Data for this exercise START

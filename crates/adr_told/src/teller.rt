//! Who tells changes: to the subscriptions that match, and to the utility.
ghost use Rattle.std.specs.Prelude.{◌≡◌, Some, IfOk};
ghost use Rattle.adr_view.specs.declared.view.Content.TheVariants as content;
ghost use Rattle.adr_event_text.specs.Kept.{kept_as};
ghost use Rattle.adr_notices.specs.Notices.{operation_kind, program_notice};
ghost use Rattle.adr_kept_view.specs.declared.object.ObjectKey.TheVariants as object;
ghost use Rattle.adr_told.specs.Told.{shown_notice, shown_entries, rollup_entries, noticed, object_entries};

use adr_delivery::Entry;
use adr_event_text::KeptEvent;
use adr_kept_view::{ObjectChange, ObjectKey, OldObject, RollupChange, ShownChange};
use adr_listeners::Hearers;
use adr_notices::{EventNames, Notice, entries_of, operation_kind, rollup_entry};
use adr_objects::{Number, ProgramObject, ReportBody, ReportObject};
use adr_subscription::{FreeText, ObjectKind, Sub};
use adr_text::{Name, ObjectId, Table};
use adr_view::Content;
use adr_visit::Tells;
use adr_written::{write_program_notice, write_report_notice};
use std::alloc::{AllocError, Global};
use std::marker::Model;

/// The node's name, under which a roll-up is told to the utility.
#[derive(Drop)]
pub struct Teller<'t> {
    client: &'t Name,
}

impl<'t> Model for Teller<'t> {
    ghost use Rattle.std.specs.Prelude.{ℕ, List};

    ghost Value = { List ℕ };

    ghost view = { λ t. t.client.now };
}

impl<'t> Teller<'t> {
    /// Who tells under that name.
    pub fn new(client: &'t Name) -> Teller<'t>
        ensures { result ≡ client.now }
    {
        Teller { client }
    }
}

// What a resource is shown, or was where it goes, as it is kept.
fn kept_of(alloc: Global, event: &ObjectId, change: &ShownChange) -> Result<KeptEvent, AllocError>
    ensures { IfOk result (λ kept. kept ≡ kept_as change.now.resource event.now change.now.shown change.now.stamps) }
{
    KeptEvent::of(alloc, change.resource, event, &change.shown, change.stamps)
}

// What is told of a change of what a resource is shown.
fn notice_of(alloc: Global, event: &ObjectId, change: &ShownChange) -> Result<Notice, AllocError>
    ensures { IfOk result (λ notice. notice ≡ shown_notice event.now change.now) }
{
    let operation = operation_kind(change.operation);
    let text = kept_of(alloc, event, change)?.notice_text(alloc, operation)?;
    Ok(Notice {
        kind: ObjectKind::Event,
        operation,
        program: change.shown.program.copy(alloc)?,
        ven: Some(change.ven),
        names: Some(EventNames {
            ven_name: change.shown.ven_name.copy(alloc)?,
            resource_name: change.shown.resource_name.copy(alloc)?,
        }),
        body: FreeText::new(alloc, text.as_str())?,
    })
}

impl Tells<ObjectId, ShownChange> for Teller<'_> {
    ghost told = { λ client subs id c. shown_entries subs id c };

    fn hearers(&self, change: &ShownChange) -> Hearers {
        Hearers::Of(change.ven)
    }

    fn entries(
        &self,
        alloc: Global,
        subs: &Table<Number, Sub>,
        event: &ObjectId,
        change: &ShownChange,
    ) -> Result<Vec<Entry>, AllocError> {
        let notice = notice_of(alloc, event, change)?;
        entries_of(alloc, subs, &notice)
    }
}

impl Tells<ObjectId, RollupChange> for Teller<'_> {
    ghost told = { λ client subs id c. rollup_entries client id c };

    fn hearers(&self, _change: &RollupChange) -> Hearers {
        Hearers::Nobody
    }

    fn entries(
        &self,
        alloc: Global,
        _subs: &Table<Number, Sub>,
        event: &ObjectId,
        change: &RollupChange,
    ) -> Result<Vec<Entry>, AllocError> {
        let entry = rollup_entry(alloc, self.client, change.operation, event, &change.rollup)?;
        Ok(vec![in alloc; entry]?)
    }
}

// What is told of a program.
fn program_notice(
    alloc: Global,
    id: &ObjectId,
    name: &Name,
    change: &ObjectChange,
) -> Result<Notice, AllocError>
    ensures { IfOk result (λ notice. notice ≡ program_notice (operation_kind change.now.operation) (record { id = id.now; name = name.now; stamps = change.now.stamps })) }
{
    let operation = operation_kind(change.operation);
    let object = ProgramObject {
        id: id.copy(alloc)?,
        name: name.clone()?,
        stamps: change.stamps,
    };
    let text = write_program_notice(alloc, operation, &object)?;
    Ok(Notice {
        kind: ObjectKind::Program,
        operation,
        program: id.copy(alloc)?,
        ven: None,
        names: None,
        body: FreeText::new(alloc, text.as_str())?,
    })
}

// What is told of a report, which is of the ven of the change.
fn report_notice(
    alloc: Global,
    number: Number,
    body: &ReportBody,
    change: &ObjectChange,
) -> Result<Notice, AllocError>
    ensures { IfOk result (λ notice. Some notice ≡ noticed (object.Report number) (operation_kind change.now.operation) change.now.ven change.now.stamps (content.Report body.now)) }
{
    let operation = operation_kind(change.operation);
    let object = ReportObject {
        number,
        body: body.clone()?,
        stamps: change.stamps,
    };
    let text = write_report_notice(alloc, operation, &object)?;
    Ok(Notice {
        kind: ObjectKind::Report,
        operation,
        program: body.head.program.copy(alloc)?,
        ven: change.ven,
        names: None,
        body: FreeText::new(alloc, text.as_str())?,
    })
}

// What is told of a change of a program or of a report.
fn object_notice(
    alloc: Global,
    key: &ObjectKey,
    change: &ObjectChange,
) -> Result<Option<Notice>, AllocError>
    ensures { IfOk result (λ notice. notice ≡ noticed key.now (operation_kind change.now.operation) change.now.ven change.now.stamps change.now.content) }
{
    match (key, &change.content) {
        (ObjectKey::Program(id), Content::Program(name)) => {
            Ok(Some(program_notice(alloc, id, name, change)?))
        }
        (ObjectKey::Report(number), Content::Report(body)) => {
            Ok(Some(report_notice(alloc, *number, body, change)?))
        }
        _ => Ok(None),
    }
}

impl Tells<OldObject, ObjectChange> for Teller<'_> {
    ghost told = { λ client subs old c. object_entries subs old c };

    fn hearers(&self, change: &ObjectChange) -> Hearers {
        match (&change.content, change.ven) {
            (Content::Report(_), Some(ven)) => Hearers::Of(ven),
            _ => Hearers::Everyone,
        }
    }

    fn entries(
        &self,
        alloc: Global,
        subs: &Table<Number, Sub>,
        old: &OldObject,
        change: &ObjectChange,
    ) -> Result<Vec<Entry>, AllocError> {
        match object_notice(alloc, &old.key, change)? {
            Some(notice) => entries_of(alloc, subs, &notice),
            None => Ok(Vec::new(alloc)),
        }
    }
}
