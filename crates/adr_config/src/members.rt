//! Members of JSON objects that are counts.
ghost use Rattle.std.specs.Prelude.{◌≡◌};
ghost use Rattle.serde_json.specs.View.{view};
ghost use Rattle.adr_text.specs.Faults.{Finds};
ghost use Rattle.adr_text.specs.Fields.{member_of, required};
ghost use Rattle.adr_config.specs.Members.{count_in, limit_in};
ghost use Rattle.adr_config.specs.Tellings.{Tells};

use crate::fault::ConfigFault;
use crate::place::Place;
use crate::wrong::Why;
use adr_state::Limit;
use adr_text::{Fault, member, whole};
use serde_json::Value;

/// The count that a value is: a whole number, 0 or more.
#[tactic(auto, unfolding(crate::specs::Members::count_in))]
pub(crate) fn count(value: &Value) -> Result<u64, Fault>
    ensures { Finds (λ n. n) result (count_in (view value.now)) }
{
    let n = whole(value).to_i64()?;
    u64::try_from(n).map_err(|_| Fault::OutOfRange)
}

/// The number that a value is, from 1 up to its largest.
#[tactic(auto, unfolding(crate::specs::Members::limit_in))]
fn limit_of<const MOST: u64>(value: &Value) -> Result<Limit<MOST>, Fault>
    ensures { Finds (λ n. n) result (limit_in MOST (view value.now)) }
{
    let n = count(value)?;
    Limit::new(n).ok_or(Fault::OutOfRange)
}

/// The number that stands there, from 1 up to its largest.
pub(crate) fn limit<const MOST: u64>(
    value: &Value,
    place: Place,
) -> Result<Limit<MOST>, ConfigFault>
    ensures { Tells (λ n. n) result (limit_in MOST (view value.now)) }
{
    match limit_of(value) {
        Ok(n) => Ok(n),
        Err(fault) => Err(place.wrong(Why::NoCount(MOST)).told(fault)),
    }
}

/// The number of a member that has to be there, and stands at that place.
pub(crate) fn needed_limit<const MOST: u64>(
    value: &Value,
    name: &str,
    place: Place,
) -> Result<Limit<MOST>, ConfigFault>
    ensures { Tells (λ n. n) result (required (member_of name.now (view value.now)) (limit_in MOST)) }
{
    match member(value, name) {
        Some(said) => limit(said, place),
        None => Err(ConfigFault::Wrong(place.wrong(Why::Missing))),
    }
}
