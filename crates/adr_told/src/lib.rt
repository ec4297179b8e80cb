//! What is told of the changes that a refresh of the tables answers, and laws that it is what the machine tells of whole views.
#![tactic(auto)]

pub mod laws;
mod teller;

pub use teller::Teller;
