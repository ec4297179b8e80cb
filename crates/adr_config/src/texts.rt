//! Members that are texts.
ghost use Rattle.std.specs.Prelude.{◌≡◌};
ghost use Rattle.serde_json.specs.View.{view};
ghost use Rattle.adr_text.specs.Fields.{member_of, required, optional};
ghost use Rattle.adr_config.specs.Tellings.{Tells};

use crate::fault::ConfigFault;
use crate::place::Place;
use crate::wrong::Why;
use adr_text::{FromJson, maybe, member, needed};
use serde_json::Value;
use std::alloc::Global;

/// Why such a member is wrong: it is missing, or no text, or a text for that reason.
fn reason(said: Option<&Value>, why: Why) -> Why {
    match said {
        None => Why::Missing,
        Some(value) => if value.is_string() { why } else { Why::NoText },
    }
}

/// A member that has to be there, and stands at that place. Its text is wrong for that reason.
pub(crate) fn needed_text<T: FromJson>(
    alloc: Global,
    value: &Value,
    name: &str,
    place: Place,
    why: Why,
) -> Result<T, ConfigFault>
    ensures { Tells (λ x. x) result (required (member_of name.now (view value.now)) T.of) }
{
    match needed(alloc, value, name) {
        Ok(read) => Ok(read),
        Err(fault) => {
            let why = reason(member(value, name), why);
            Err(place.wrong(why).told(fault))
        }
    }
}

/// A member that may be absent, and stands at that place. Its text is wrong for that reason.
pub(crate) fn maybe_text<T: FromJson>(
    alloc: Global,
    value: &Value,
    name: &str,
    place: Place,
    why: Why,
) -> Result<Option<T>, ConfigFault>
    ensures { Tells (λ x. x) result (optional (member_of name.now (view value.now)) T.of) }
{
    match maybe(alloc, value, name) {
        Ok(read) => Ok(read),
        Err(fault) => {
            let why = reason(member(value, name), why);
            Err(place.wrong(why).told(fault))
        }
    }
}
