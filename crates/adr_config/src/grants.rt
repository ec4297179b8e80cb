//! Tokens with their roles.
ghost use Rattle.std.specs.Prelude.{◌≡◌, IfOk, map};
ghost use Rattle.serde_json.specs.View.{view};
ghost use Rattle.adr_text.specs.Fields.{each, objects_in};
ghost use Rattle.adr_http.specs.Roles.{granted};
ghost use Rattle.adr_config.specs.Grants.{plain, of_ven, role_named, token_in, grant_of, roles_in};
ghost use Rattle.adr_config.specs.Tellings.{Tells};

use crate::fault::ConfigFault;
use crate::place::Place;
use crate::texts::{maybe_text, needed_text};
use crate::wrong::{Why, Wrong};
use adr_http::{Grant, Roles};
use adr_machine::Role;
use adr_subscription::{BearerToken, FreeText};
use adr_text::{Fault, ObjectId, list, member, objects};
use serde_json::Value;
use std::alloc::{AllocError, Global};

/// A token as it is written, and its role.
#[derive(Drop)]
pub(crate) struct TokenIn {
    pub(crate) token: BearerToken,
    pub(crate) role: Role,
}

// A role that is no ven's has no id.
fn plain(role: Role, ven: Option<ObjectId>) -> Result<Role, Fault>
    ensures { result ≡ plain role ven }
{
    match ven {
        None => Ok(role),
        Some(_) => Err(Fault::BadShape),
    }
}

fn of_ven(ven: Option<ObjectId>) -> Result<Role, Fault>
    ensures { result ≡ of_ven ven }
{
    Ok(Role::Ven(ven.ok_or(Fault::BadShape)?))
}

fn role_named(name: &str, ven: Option<ObjectId>) -> Result<Role, Fault>
    ensures { result ≡ role_named name.now ven }
{
    match name {
        "operator" => plain(Role::Operator, ven),
        "utility" => plain(Role::Utility, ven),
        "ven" => of_ven(ven),
        _ => Err(Fault::BadShape),
    }
}

/// What is wrong where no role comes of that name, beside an id or without one.
fn no_role(name: &str, item: usize) -> Wrong {
    match name {
        "operator" | "utility" => Place::VenId(item).wrong(Why::OfNoVen),
        "ven" => Place::VenId(item).wrong(Why::Missing),
        _ => Place::Role(item).wrong(Why::NoRole),
    }
}

/// The role of that name, or what is wrong in that item.
fn role_told(name: &str, ven: Option<ObjectId>, item: usize) -> Result<Role, ConfigFault>
    ensures { Tells (λ role. role) result (role_named name.now ven) }
{
    match role_named(name, ven) {
        Ok(role) => Ok(role),
        Err(fault) => Err(no_role(name, item).told(fault)),
    }
}

/// The token with its role that an item says, the one of that number.
#[tactic(auto, unfolding(crate::specs::Grants::token_in))]
fn token_in(alloc: Global, value: &Value, item: usize) -> Result<TokenIn, ConfigFault>
    ensures { Tells (λ said. said) result (token_in (view value.now)) }
{
    let token = needed_text(alloc, value, "token", Place::Token(item), Why::NoToken)?;
    let name: FreeText = needed_text(alloc, value, "role", Place::Role(item), Why::NoText)?;
    let ven = maybe_text(alloc, value, "venID", Place::VenId(item), Why::NoId)?;
    let role = role_told(name.as_str(), ven, item)?;
    Ok(TokenIn { token, role })
}

/// The tokens with their roles that items say, each in its place.
fn tokens_in(alloc: Global, items: &[Value]) -> Result<Vec<TokenIn>, ConfigFault>
    ensures { Tells (λ said. said.items) result (each token_in (map view items.now)) }
{
    let mut said = Vec::new(alloc);
    for i in 0..items.len() {
        said.push(token_in(alloc, &items[i], i)?)?;
    }
    Ok(said)
}

fn grant(alloc: Global, said: TokenIn) -> Result<Grant, AllocError>
    ensures { IfOk result (λ grant. granted grant ≡ grant_of said) }
{
    Ok(Grant {
        token: Vec::from_slice(alloc, said.token.as_str().as_bytes())?,
        role: said.role,
    })
}

fn grants(alloc: Global, said: Vec<TokenIn>) -> Result<Vec<Grant>, AllocError>
    ensures { IfOk result (λ grants. map granted grants.items ≡ map grant_of said.items) }
{
    let mut grants = Vec::new(alloc);
    for token in said {
        grants.push(grant(alloc, token)?)?;
    }
    Ok(grants)
}

/// Why a value is no list of objects: an item is none, or it is no list.
fn no_objects(value: &Value) -> Wrong {
    let first = match list(value) {
        Ok(items) => items.iter().position(|item| !item.is_object()),
        Err(_) => None,
    };
    match first {
        Some(i) => Place::Item(i).wrong(Why::NoObject),
        None => Place::Tokens.wrong(Why::NoList),
    }
}

/// The items of the list.
fn items(value: &Value) -> Result<&[Value], ConfigFault>
    ensures { Tells (λ items. map view items.now) result (objects_in (view value.now)) }
{
    match objects(value) {
        Ok(items) => Ok(items),
        Err(fault) => Err(no_objects(value).told(fault)),
    }
}

fn has_token(items: &[Value], token: &str) -> bool {
    items.iter().any(|item| is_token(item, token))
}

fn is_token(item: &Value, token: &str) -> bool {
    match member(item, "token") {
        Some(said) => said.as_str() == Some(token),
        None => false,
    }
}

/// Where a token stands that is the same as in an item before.
fn repeated(items: &[Value]) -> Place {
    for i in 0..items.len() {
        if let Some(said) = member(&items[i], "token")
            && let Some(token) = said.as_str()
            && has_token(&items[..i], token)
        {
            return Place::Token(i);
        }
    }
    Place::Tokens
}

/// The tokens with their roles, none of which stands twice.
#[tactic(auto, unfolding(crate::specs::Grants::roles_in))]
pub(crate) fn roles(alloc: Global, value: &Value) -> Result<Roles, ConfigFault>
    ensures { Tells (λ roles. roles) result (roles_in (view value.now)) }
{
    let items = items(value)?;
    let said = tokens_in(alloc, items)?;
    match Roles::new(grants(alloc, said)?) {
        Ok(roles) => Ok(roles),
        Err(_) => Err(ConfigFault::Wrong(repeated(items).wrong(Why::Repeated))),
    }
}
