//! What a node that serves is set to.
use crate::deletion::MassDeletion;
use adr_http::Roles;
use adr_link::Upstream;
use adr_network::Networks;
use adr_state::{Limit, Settings};
use adr_subscription::FreeText;
use log::LevelFilter;
use std::net::SocketAddr;

/// What a node that serves is set to.
#[derive(Drop)]
pub struct Config {
    /// Where it listens.
    pub listen: SocketAddr,
    /// The utility's address, and the token that it is shown.
    pub upstream: Upstream,
    /// The networks in which the addresses of subscriptions may be called.
    pub callbacks: Networks,
    /// The name under which it reports to the utility, and how many objects it keeps.
    pub settings: Settings,
    /// The file in which it keeps what it has to keep, or none, where it keeps all in memory.
    pub store: Option<FreeText>,
    /// How many seconds lie between two rounds in which the utility is asked, at most: behind one that broke off fewer.
    pub poll: Limit<3_600>,
    /// Whether a round that finds most objects on no page asks for each of them, or only the next one like it.
    pub mass_deletion: MassDeletion,
    /// How many connections are served at once, and how many senders there are.
    pub workers: Limit<16>,
    /// Who may ask, by which token.
    pub roles: Roles,
    /// After how many connections it stops, if ever.
    pub stop_after: Option<Limit<4_294_967_295>>,
    /// How much is told on standard error.
    pub log: LevelFilter,
}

Data for this exercise END

- **What needs to be done**: The result should be every line that contains "Hearers", copied from the entries.

- **Response area**:
use adr_listeners::Hearers;
    fn hearers(&self, change: &ShownChange) -> Hearers {
        Hearers::Of(change.ven)
    fn hearers(&self, _change: &RollupChange) -> Hearers {
        Hearers::Nobody
    fn hearers(&self, change: &ObjectChange) -> Hearers {
            (Content::Report(_), Some(ven)) => Hearers::Of(ven),
            _ => Hearers::Everyone,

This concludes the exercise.